Microwave-assisted hydrothermal annealing of binary Ni–Co oxy-hydroxides for asymmetric supercapacitors

• MAHA is promising in tuning the crystal phase/size of Ni–Co oxy-hydroxides at low temperatures in short time.
• The crystalline index quantifies the degree of phase transformation from Ni–Co hydroxides to NiCo2O4 crystals.
• The larger size of NiCo2O4 crystals is, the longer activation time is needed but higher reversibility is obtained.
• Importance of potential window for evaluating CS of battery-like materials is demonstrated.

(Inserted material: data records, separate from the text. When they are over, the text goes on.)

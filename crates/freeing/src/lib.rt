// Emptying and freeing ("01, The page": "Whatever is emptied or freed becomes all zeros"), for withdraw, which touches pages with the
// session's number, and for the sweep: "sweeping touches pages alike but leaves txn_id". The sweep writes many records of few pages, so
// its writers only note in `due` that the page's count is due, one flag for each page, and `tally` counts each such page once. A flag is a
// byte and no bool: what `tally` promises is of every byte, and any but 0 is a flag that is set. What is done to a slot and what to an entry
// stays apart: each is one write and one note, and a function for both would be given them as closures.
#![tactic(auto)]

ghost use Rattle.std.specs.Prelude.{◌≡◌, ◌≤◌, ◌<◌, length};
ghost use Rattle.kind.specs.Kind.{data_kind, undo_kind, pages, rows, entries};
ghost use Rattle.page.specs.Count.{Roomy};
ghost use Rattle.freeing.specs.Freeing.{without_slot, without_entry, swept_slot, swept_entry, cut_slot, cut_copy};
ghost use Rattle.freeing.specs.Tally.{tallied};

use kind::Kind;
use records::slot::Slot;

// Empties row r, for session txn.
pub fn empty_slot(data: &mut [u8], r: usize, txn: u64)
    requires { r < rows «data».old }
    ensures { «data».new ≡ without_slot txn r «data».old }
{
    records::slot::clear_slot(data, r);
    page::count::touch(data, r / Kind::DATA.count, Kind::DATA, txn);
}

// Frees entry e, for session txn.
pub fn free_entry(undo: &mut [u8], e: usize, txn: u64)
    requires { e < entries undo.old }
    ensures { undo.new ≡ without_entry txn e undo.old }
{
    records::entry::clear_entry(undo, e);
    page::count::touch(undo, e / Kind::UNDO.count, Kind::UNDO, txn);
}

// Empties row r, for the sweep.
pub fn sweep_slot(data: &mut [u8], due: &mut [u8], r: usize)
    requires { (r < rows «data».old) × (pages «data».old ≤ length due.old) }
    ensures { tallied data_kind due.new «data».new ≡ swept_slot r (tallied data_kind due.old «data».old) }
{
    records::slot::clear_slot(data, r);
    due[r / Kind::DATA.count] = 1;
}

// Frees entry e, for the sweep.
pub fn sweep_entry(undo: &mut [u8], due: &mut [u8], e: usize)
    requires { (e < entries undo.old) × (pages undo.old ≤ length due.old) }
    ensures { tallied undo_kind due.new undo.new ≡ swept_entry e (tallied undo_kind due.old undo.old) }
{
    records::entry::clear_entry(undo, e);
    due[e / Kind::UNDO.count] = 1;
}

// Writes the metadata of row r, whose older versions the sweep has removed.
pub fn cut_slot(data: &mut [u8], due: &mut [u8], r: usize, m: Slot)
    requires { (r < rows «data».old) × (pages «data».old ≤ length due.old) }
    ensures { tallied data_kind due.new «data».new ≡ cut_slot r m (tallied data_kind due.old «data».old) }
{
    records::slot::write_meta(data, r, m);
    due[r / Kind::DATA.count] = 1;
}

// Writes the metadata of the copy in entry e, whose older versions the sweep has removed.
pub fn cut_copy(undo: &mut [u8], due: &mut [u8], e: usize, m: Slot)
    requires { (e < entries undo.old) × (pages undo.old ≤ length due.old) }
    ensures { tallied undo_kind due.new undo.new ≡ cut_copy e m (tallied undo_kind due.old undo.old) }
{
    records::entry::write_copy(undo, e, m);
    due[e / Kind::UNDO.count] = 1;
}

// Counts the pages of an area whose count is due.
pub fn tally(s: &mut [u8], due: &[u8], k: Kind)
    requires { (pages s.old ≤ length due.now) × Roomy k }
    ensures { s.new ≡ tallied k due.now s.old }
{
    for p in 0..kind::pages(s) {
        if due[p] != 0 {
            page::count::recount(s, p, k);
        }
    }
}
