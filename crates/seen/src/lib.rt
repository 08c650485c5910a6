#![tactic(auto)]

// No code: how the areas and the desk are seen as the machine.
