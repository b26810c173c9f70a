//! The names of the stages that lines on a script are of.
use crate::input::json_in;
use crate::people::people_in;
use anyhow::Result;
use cf_explain::{Area, Place};
use cf_script_reading::{Part, stage_place};
use cf_text::is_shown;
use serde_json::Value as Json;
use std::alloc::{AllocError, Global};

/// A script that is to be named in lines, and the names of its stages.
#[derive(Drop)]
pub(crate) struct Named {
    json: Json,
    names: Vec<String>,
}

impl Named {
    /// Of these bytes. There are no names of what is no JSON, and where one is none or memory for them was refused.
    pub(crate) fn of(alloc: Global, bytes: &[u8]) -> Result<Named> {
        let json = json_in(alloc, bytes)?.unwrap_or(Json::Null);
        let names = match people_in(alloc, &json) {
            Ok(people) => people.names,
            Err(_) => Vec::new(alloc),
        };
        Ok(Named { json, names })
    }

    /// A line that begins with this place, with the name of the stage that the place is of behind it, if that has one.
    pub(crate) fn line(
        &self,
        alloc: Global,
        place: Option<Place>,
        said: &str,
    ) -> Result<String, AllocError> {
        let mut line = String::new(alloc);
        let mut rest = said;
        if let Some(place) = place {
            let name = self.name_at(place.area).unwrap_or("");
            write!(line, "{place}")?;
            match said.strip_prefix(line.as_str()) {
                Some(behind) if !name.is_empty() => {
                    rest = behind;
                    write_quoted(&mut line, name)?;
                }
                _ => line.clear(),
            }
        }
        line.push_str(rest)?;
        Ok(line)
    }

    /// The name of the stage that a part of the script is of, if it is of one that a name is listed for.
    fn name_at(&self, area: Area) -> Option<&str> {
        Some(self.names.get(self.stage_of(area)?)?.as_str())
    }

    /// The stage that a part of the script is of.
    fn stage_of(&self, area: Area) -> Option<usize> {
        match area {
            Area::Part(Part::Stage(k)) => Some(k as usize),
            Area::Part(Part::Limit(k)) => {
                number(self.json.get("limits")?.get(k as usize)?.get("stage"))
            }
            Area::Part(_) => None,
            Area::Step(k) => self.stage_of_step(k as usize),
        }
    }

    /// The stage that a step names or attaches.
    fn stage_of_step(&self, k: usize) -> Option<usize> {
        let steps = self.json.get("steps")?;
        let step = steps.get(k)?;
        match stage_place(step.get(0usize)?.as_str()?) {
            Some(place) => number(step.get(place)),
            None if is_attach(step) => self.stages_before(k),
            None => None,
        }
    }

    /// How many stages there are before a step, if all steps before it do what they say.
    fn stages_before(&self, k: usize) -> Option<usize> {
        let mut stages = self.json.get("stages")?.as_array()?.len();
        for step in self.json.get("steps")?.as_array()?.iter().take(k) {
            if is_attach(step) {
                stages = stages.saturating_add(1);
            }
        }
        Some(stages)
    }
}

fn is_attach(step: &Json) -> bool {
    step.get(0usize).and_then(Json::as_str) == Some("attach")
}

fn number(said: Option<&Json>) -> Option<usize> {
    usize::try_from(said?.as_u64()?).ok()
}

/// Adds a name in quotes, behind a blank: a quote and a backslash in it behind a backslash, what has no sign or turns the
/// direction of a text by its number.
fn write_quoted(line: &mut String, name: &str) -> Result<(), AllocError> {
    write!(line, " \"")?;
    for c in name.chars() {
        let number = u32::from(c);
        if c == '"' || c == '\\' {
            write!(line, "\\{c}")?;
        } else if is_shown(number) {
            line.push(c)?;
        } else {
            write!(line, "\\u{{{number:x}}}")?;
        }
    }
    write!(line, "\"")
}
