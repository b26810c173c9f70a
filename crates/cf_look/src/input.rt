//! What is on standard input, and the JSON of it.
use crate::fault::NotJson;
use serde_json::Value as Json;
use std::alloc::{AllocError, Global};
use std::io;
use std::io::Read;

/// All bytes of standard input.
pub(crate) fn input_of<R: Input + AllocGlobal>(rt: &R) -> io::Result<Vec<u8>> {
    let mut bytes = Vec::new(rt.alloc());
    rt.reader().read_to_end(&mut bytes)?;
    Ok(bytes)
}

/// The JSON value of these bytes, or where they are none. Refused memory is an error, and never told as bytes that are no JSON.
pub(crate) fn read_json(alloc: Global, bytes: &[u8]) -> Result<Result<Json, NotJson>, AllocError> {
    match Json::from_slice(alloc, bytes) {
        Ok(json) => Ok(Ok(json)),
        Err(fault) if fault.is_memory() => Err(AllocError),
        Err(fault) => Ok(Err(NotJson {
            line: fault.line(),
            column: fault.column(),
        })),
    }
}

/// The JSON value of these bytes, if they are one.
pub(crate) fn json_in(alloc: Global, bytes: &[u8]) -> Result<Option<Json>, AllocError> {
    match read_json(alloc, bytes)? {
        Ok(json) => Ok(Some(json)),
        Err(_) => Ok(None),
    }
}
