//! Why what is on standard input can't be shown or judged, and where that stands in it.
use cf_text::ScriptFault;
use thiserror::Error;

/// Where bytes stop being JSON: the line and the column, counted from 1.
#[derive(Clone, Copy, Debug, Error)]
#[error("invalid JSON at line {line} column {column}")]
pub(crate) struct NotJson {
    pub(crate) line: usize,
    pub(crate) column: usize,
}

/// What is wrong with an account, or with what a script says for people. Each names the member that it is about, by its path.
#[derive(Clone, Copy, Debug, Error)]
pub(crate) enum Unreadable {
    #[error("{0}")]
    Json(NotJson),
    #[error("plan: {0}")]
    NoPlan(ScriptFault),
    #[error("plan: room")]
    Room,
    /// A member that isn't there or isn't right. Of some it says behind the path what it has to be.
    #[error("{0}")]
    Member(&'static str),
    #[error("{0}: has to be an array")]
    List(&'static str),
    /// A name of an element of a list, and the path to it behind the element's number.
    #[error("{0}[{1}]{2}: has to be a text of at most 64 characters")]
    Name(&'static str, usize, &'static str),
    /// An element of a list, and what stands behind its number: the rest of the path, and what has to be there.
    #[error("{0}[{1}]{2}")]
    Element(&'static str, usize, &'static str),
    #[error("callers[{0}][{1}]")]
    Record(usize, usize),
    #[error("callers[{0}].sessions[{1}]")]
    Session(usize, usize),
    #[error("callers[{0}].sessions[{1}][{2}]")]
    SessionRecord(usize, usize, usize),
}
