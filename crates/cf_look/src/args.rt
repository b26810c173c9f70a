//! The words after the program's name.
use anyhow::{Result, anyhow};
use cf_question::OrderShape;
use clap::{Arg, ArgAction, ArgMatches, Command, Error};
use std::alloc::{AllocError, Global};
use std::rt::{Env, Files};
use std::{env, fs};

/// A search sees at most so many situations, unless it is told otherwise.
const STATES: u32 = 1_000_000;

/// What is to be looked at.
#[derive(Drop)]
pub(crate) enum Look {
    /// A history, or one in each line.
    Check { lines: bool },
    /// A script, in words.
    Explain,
    /// A script, as a picture.
    Dot,
    /// An account or a script, for a tool or a browser.
    Show(Shape),
    /// All orders in which the steps of a question's callers can come.
    Explore(Exploring),
    /// Nothing: help was asked for, or the words are no command. What there is to say is said, and the program ends with
    /// this status.
    Nothing(u8),
}

/// How orders are searched, and what is told.
#[derive(Drop)]
pub(crate) struct Exploring {
    /// As JSON.
    pub(crate) json: bool,
    /// At most so many situations.
    pub(crate) states: u32,
    /// Ends by the outcomes of these stages alone.
    pub(crate) of: Option<Vec<u16>>,
    /// The order of this number, in place of all that was found.
    pub(crate) order: Option<(usize, OrderShape)>,
    /// It goes on while this file is there.
    pub(crate) file: Option<String>,
}

impl Exploring {
    /// Whether the file that is to be there is gone.
    pub(crate) fn is_over<R: Files>(&self, rt: &R) -> bool {
        match &self.file {
            None => false,
            Some(path) => !fs::exists(rt, path).unwrap_or(true),
        }
    }
}

/// How an account or a script is shown.
#[derive(Clone, Copy)]
pub(crate) enum Shape {
    /// As a page, for a browser.
    Page,
    /// As a trace, for Chrome's viewer or Perfetto.
    Trace,
    /// As OpenTelemetry's spans.
    Spans,
}

/// What the words ask for.
pub(crate) fn read_words<R: Env + Print + Eprint + AllocGlobal>(rt: &R) -> Result<Look> {
    let words = words_of(rt)?;
    let command = command_of(rt.alloc())?;
    match command.try_get_matches_from(words.as_slice()) {
        Ok(matches) => look_in(rt.alloc(), &matches),
        Err(error) => nothing(rt, error),
    }
}

/// The words, of which the first is the program's name.
fn words_of<R: Env + AllocGlobal>(rt: &R) -> Result<Vec<String>> {
    let args = env::args(rt)?;
    Ok(args.collect(rt.alloc())?)
}

/// A command that is known, with its options, and what help says of them.
struct Known {
    name: &'static str,
    about: &'static str,
    options: &'static [Opt],
}

/// An option: its name, whether a value stands behind it, and what help says of it.
type Opt = (&'static str, bool, &'static str);

const COMMANDS: [Known; 6] = [
    Known {
        name: "check",
        about: "Say whether the history on standard input is one history, and where not, what doesn't fit",
        options: &[(
            "lines",
            false,
            "Take each line of standard input as a history",
        )],
    },
    Known {
        name: "explain",
        about: "Say what is wrong with the script on standard input, where, and what would be right, or what is odd about it",
        options: &[],
    },
    Known {
        name: "dot",
        about: "Draw the plan of the script on standard input for Graphviz, with what becomes of each stage",
        options: &[],
    },
    Known {
        name: "page",
        about: "Write a page on which the account or script on standard input can be seen, event by event",
        options: &[],
    },
    Known {
        name: "trace",
        about: "Write the account or script on standard input as a trace, for tools that show one",
        options: &[(
            "spans",
            false,
            "Write OpenTelemetry's spans in place of a trace for Chrome's viewer and Perfetto",
        )],
    },
    Known {
        name: "explore",
        about: "Search all orders in which the steps of the callers on standard input can come",
        options: &EXPLORE,
    },
];

const EXPLORE: [Opt; 6] = [
    (
        "json",
        false,
        "Write JSON, each order with its account and its script",
    ),
    ("states", true, "See at most so many situations (1000000)"),
    (
        "of",
        true,
        "Tell ends by the outcomes of these stages alone: 0,3",
    ),
    ("account", true, "Write this order alone, as an account"),
    ("script", true, "Write this order alone, as a script"),
    ("while", true, "Go on while this file is there"),
];

/// The words that are known.
fn command_of<'a>(alloc: Global) -> Result<Command<'a>, AllocError> {
    let commands = commands_of(alloc)?;
    Command::new(alloc, "cf_look")
        .about("Look at histories and scripts of completable futures")
        .subcommand_required(true)
        .arg_required_else_help(true)
        .subcommands(commands)
}

fn commands_of<'a>(alloc: Global) -> Result<Vec<Command<'a>>, AllocError> {
    let mut commands = Vec::new(alloc);
    for known in &COMMANDS {
        push_command(alloc, &mut commands, known)?;
    }
    Ok(commands)
}

fn push_command<'a>(
    alloc: Global,
    commands: &mut Vec<Command<'a>>,
    known: &Known,
) -> Result<(), AllocError> {
    commands.push(one_of(alloc, known)?)?;
    Ok(())
}

fn one_of<'a>(alloc: Global, known: &Known) -> Result<Command<'a>, AllocError> {
    let args = args_of(alloc, known.options)?;
    Command::new(alloc, known.name)
        .about(known.about)
        .args(args)
}

fn args_of<'a>(alloc: Global, options: &[Opt]) -> Result<Vec<Arg<'a>>, AllocError> {
    let mut args = Vec::new(alloc);
    for option in options {
        args.push(arg_of(alloc, *option))?;
    }
    Ok(args)
}

fn arg_of<'a>(alloc: Global, option: Opt) -> Arg<'a> {
    let (name, takes_value, help) = option;
    let action = if takes_value {
        ArgAction::Set
    } else {
        ArgAction::SetTrue
    };
    Arg::new(alloc, name).long(name).action(action).help(help)
}

/// What the words ask for, once they are taken apart.
fn look_in(alloc: Global, matches: &ArgMatches<'_>) -> Result<Look> {
    Ok(match matches.subcommand() {
        Some(("explain", _)) => Look::Explain,
        Some(("dot", _)) => Look::Dot,
        Some(("page", _)) => Look::Show(Shape::Page),
        Some(("trace", inner)) => Look::Show(shape_of(inner.get_flag("spans"))),
        Some(("explore", inner)) => Look::Explore(how_to_explore(alloc, inner)?),
        Some((_, inner)) => Look::Check {
            lines: inner.get_flag("lines"),
        },
        None => Look::Check { lines: false },
    })
}

/// How orders are searched.
fn how_to_explore(alloc: Global, matches: &ArgMatches<'_>) -> Result<Exploring> {
    let of = match matches.get_str("of") {
        None => None,
        Some(text) => Some(stages_of(alloc, text)?),
    };
    let file = match matches.get_str("while") {
        None => None,
        Some(text) => Some(String::from_str(alloc, text)?),
    };
    Ok(Exploring {
        json: matches.get_flag("json"),
        states: number_of(matches.get_str("states"), "states")?.unwrap_or(STATES),
        of,
        order: order_of(matches)?,
        file,
    })
}

/// Which order is told, and as what.
fn order_of(matches: &ArgMatches<'_>) -> Result<Option<(usize, OrderShape)>> {
    let account = number_of(matches.get_str("account"), "account")?;
    let script = number_of(matches.get_str("script"), "script")?;
    Ok(match (account, script) {
        (Some(number), _) => Some((number as usize, OrderShape::Account)),
        (None, Some(number)) => Some((number as usize, OrderShape::Script)),
        (None, None) => None,
    })
}

fn number_of(text: Option<&str>, name: &str) -> Result<Option<u32>> {
    match text {
        None => Ok(None),
        Some(text) => match text.parse() {
            Ok(number) => Ok(Some(number)),
            Err(_) => Err(anyhow!("--{name} wants a whole number of 32 bits")),
        },
    }
}

/// Stages by their numbers, with commas between.
fn stages_of(alloc: Global, text: &str) -> Result<Vec<u16>> {
    let mut of = Vec::new(alloc);
    for part in text.split(',') {
        match part.parse() {
            Ok(stage) => of.push(stage)?,
            Err(_) => return Err(anyhow!("--of wants numbers of stages, with commas between")),
        }
    }
    Ok(of)
}

/// As what a trace is written.
fn shape_of(spans: bool) -> Shape {
    if spans { Shape::Spans } else { Shape::Trace }
}

/// Says what there is to say of words that are no command.
fn nothing<R: Print + Eprint>(rt: &R, error: Error) -> Result<Look> {
    error.print(rt)?;
    Ok(Look::Nothing(error.exit_code() as u8))
}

Binary nickel–cobalt oxy-hydroxides (denoted as NCOH) with tunable crystal phases are prepared from an atomic mixture of Ni(OH)2 + Co(OH)2 in the 1:2 ratio (denoted as (Ni/2Co)(OH)2) through a microwave-assisted hydrothermal annealing (MAHA) method. The (Ni/2Co)(OH)2 powders are synthesized through a sol–gel process from an aqueous solution containing NiCl2·6H2O and CoCl2·6H2O. The MAHA process is demonstrated to be a novel and promising method for transforming/tuning the crystal phase and size of NCOH at relatively low annealing temperatures in short time. The MAHA temperature and time are varied to transform the crystalline phases from a hydroxide mixture to NiCo2O4 nanocrystals, which can be quantified by a crystalline index (denoted as CI) value obtained from X-ray diffraction (XRD) patterns. The higher content and larger size of NiCo2O4 nanocrystals are, the longer electrochemical activation time is needed. The rate of phase transformation can be enhanced by adding microwave adsorbents, graphene oxide (GO), to obtain a NiCo2O4/RGO composite with reduced crystal size (RGO: reduced GO). The variation in the crystalline index and the effect of the potential window on the specific capacitance of NCOH powders are systematically compared and discussed in this work.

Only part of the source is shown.